If a pound of anhydrous ammonia is evaporated from —28.5°F in the flask, it absorbs 573 B.t.u., its latent heat of vaporization. Assuming no losses, this can cool three pounds of water at 79°F to freezing point and freeze it, requiring 47 B.t.u. per pound for cooling through 47 degrees and 144 B.t.u. per pound to overcome the latent heat of fusion. Three pounds of water X drop in temperature from 79 to 32 degrees X specific heat of water (unity) + three pounds of water X latent heat of fusion of water (144 B.t.u.) = latent heat of vaporization of ammonia required to cool and freeze the water.
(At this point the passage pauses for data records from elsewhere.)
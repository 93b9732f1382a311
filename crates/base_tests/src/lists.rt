//! Tests of lists, names, sets of entries, degree lists and pieces.
ghost use Rattle.std.specs.Prelude.{◌≡◌};
ghost use Rattle.piece_compress.specs.BinaryDigits.{most_pieces};

use base_io::{Boxed, Name, NoMemory, Seq};
use counted_sets::{Use, reduce};
use degree_lists::falling;
use entry_sets::EntrySet;
use limits::Accuracy;
use piece_compress::{compress, compress_runs};
use piece_math::{Piece, Pieces};
use row_buf::RowBuf;
use std::alloc::Global;
use std::test::Fail;

#[test]
fn lists_and_names(rt: HostRuntime) -> Result<(), Fail> {
    let mut items = Seq::from_vec(Vec::from_slice(rt.alloc(), b"ab")?);
    items.push(99)?;
    assert_eq!(rt; items.len(), 3);
    assert_eq!(rt; items.replace(0, 120), 97);
    assert_eq!(rt; items.pop(), Some(99));
    assert_eq!(rt; items.as_slice(), b"xb".as_slice());
    let seven = Boxed::new(rt.alloc(), 7_u8)?;
    assert_eq!(rt; *seven.get(), 7);
    assert_eq!(rt; Name::from_str(rt.alloc(), "r.csv")?.as_str(), "r.csv");
    Ok(())
}

#[test]
fn sets_gain_and_lose_entries(rt: HostRuntime) {
    let set = EntrySet::empty().with(3).with(15).with(3).without(15);
    assert_eq!(rt; set.bits(), 8);
}

// The degrees of three different keys, which occur five times, three times and once.
fn degrees(alloc: Global) -> Result<Seq<u64>, NoMemory> {
    falling(alloc, &[8, 8, 8, 8, 8, 2, 2, 2, 5])
}

// The degrees 5, 3 and 1 compressed at accuracy 1: the elements 5 and 4, each a piece.
fn compressed(alloc: Global) -> Result<Pieces, NoMemory> {
    compress(alloc, &[5, 3, 1], Accuracy::of(1))
}

// The most pieces that the compression of a list with the first degree `first` can have.
fn pieces_at_most(first: u64, accuracy: Accuracy) -> u32
    ensures { result ≡ most_pieces first accuracy }
{
    u32::from(accuracy.value()) * (u64::BITS - first.leading_zeros()) + 1
}

#[test]
fn degrees_and_their_compression(rt: HostRuntime) -> Result<(), Fail> {
    assert_eq!(rt; degrees(rt.alloc())?.as_slice(), [5, 3, 1].as_slice());
    let pieces = compressed(rt.alloc())?;
    assert_eq!(rt; (pieces.total(), pieces.pieces().len()), (9, 2));
    assert_eq!(rt; pieces_at_most(5, Accuracy::of(1)), 4);
    Ok(())
}

// The list with these runs, each a degree and its number of keys. The result is `NoMemory`, which fails the test, in these cases: a degree is above
// the degree before it, a degree or a number of keys is 0, or the numbers of keys sum to 2^64 or more.
fn of_runs(alloc: Global, runs: &[(u64, u64)]) -> Result<Pieces, NoMemory> {
    let mut list = Pieces::empty(alloc);
    let mut last = u64::MAX;
    let mut room = u64::MAX;
    'runs: for &(degree, keys) in runs {
        if degree == 0 || degree > last || keys == 0 || keys > room {
            return Err(NoMemory);
        }
        list.push_run(u128::from(degree), keys)?;
        last = degree;
        room -= keys;
    }
    Ok(list)
}

// Ten billion rows: 6,000 keys have 1,000,000 rows each, 5,000 keys have 600,001 each, and 999,995 keys have 1,000 each.
const MANY_ROWS: [(u64, u64); 3] = [(1_000_000, 6_000), (600_001, 5_000), (1_000, 999_995)];

// `MANY_ROWS` compressed at accuracy 1. The second degree is more than half of the first, so its 3,000,005,000 rows are counted at the first degree.
// 995,000 rows of the third degree fill them up to 3,001,000,000 rows: 3,001 more keys of 1,000,000 rows. 999,000,000 rows of the third degree are
// left: 999,000 keys of 1,000 rows.
fn many_compressed(alloc: Global) -> Result<Pieces, NoMemory> {
    let list = of_runs(alloc, &MANY_ROWS)?;
    if list.total() != 10_000_000_000 {
        return Err(NoMemory);
    }
    compress_runs(alloc, &list, Accuracy::of(1))
}

#[test]
fn ten_billion_rows_are_compressed_by_their_runs(rt: HostRuntime) -> Result<(), Fail> {
    let list = many_compressed(rt.alloc())?;
    let first = Piece {
        value: 1_000_000,
        count: 9_001,
    };
    let others = Piece {
        value: 1_000,
        count: 999_000,
    };
    assert!(rt; list.pieces() == [first, others].as_slice());
    Ok(())
}

// Combines the lists [3, 1] and [2, 2, 1] rank by rank. Returns the total of the greater elements, the total of the sums, and that of the products.
fn totals(alloc: Global) -> Result<[u128; 3], NoMemory> {
    let short = Pieces::from_list(alloc, &[3, 1])?;
    let lengths = Pieces::from_list(alloc, &[2, 2, 1])?;
    let greater = short.greater(&lengths)?.total();
    let sum = short.sum(&lengths)?.total();
    Ok([greater, sum, short.product(&lengths)?.total()])
}

#[test]
fn lists_are_combined_by_rank(rt: HostRuntime) -> Result<(), Fail> {
    assert_eq!(rt; totals(rt.alloc())?, [6, 9, 8]);
    Ok(())
}

// Item 1 needs slot 2, which no item gives, so item 1 is dropped. Then item 0 is dropped, since it needs slot 1 of item 1. Item 2 gives the slot
// that it needs, and item 3 needs no slot, so these two stay.
fn kept_items(alloc: Global) -> Result<RowBuf<bool>, NoMemory> {
    let uses = [
        Use {
            item: 0,
            gives: 0,
            needs: 1,
        },
        Use {
            item: 1,
            gives: 1,
            needs: 2,
        },
        Use {
            item: 2,
            gives: 3,
            needs: 3,
        },
    ];
    reduce(alloc, 4, 4, &uses)
}

#[test]
fn items_are_dropped_one_after_another(rt: HostRuntime) -> Result<(), Fail> {
    let marks = kept_items(rt.alloc())?;
    assert!(rt; marks.as_slice() == [false, false, true, true].as_slice());
    Ok(())
}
After evaporation, ammonia must be liquefied again. This is achieved by applying pressure and providing a cooling medium like air or water; water is preferred due to its lower temperature and higher specific heat capacity compared to air. In an ice plant setup, an iron flask replaces the glass flask, with liquid ammonia escaping through a valve into an expansion coil where it vaporizes before being diverted either for absorption in water or compression back into liquid form.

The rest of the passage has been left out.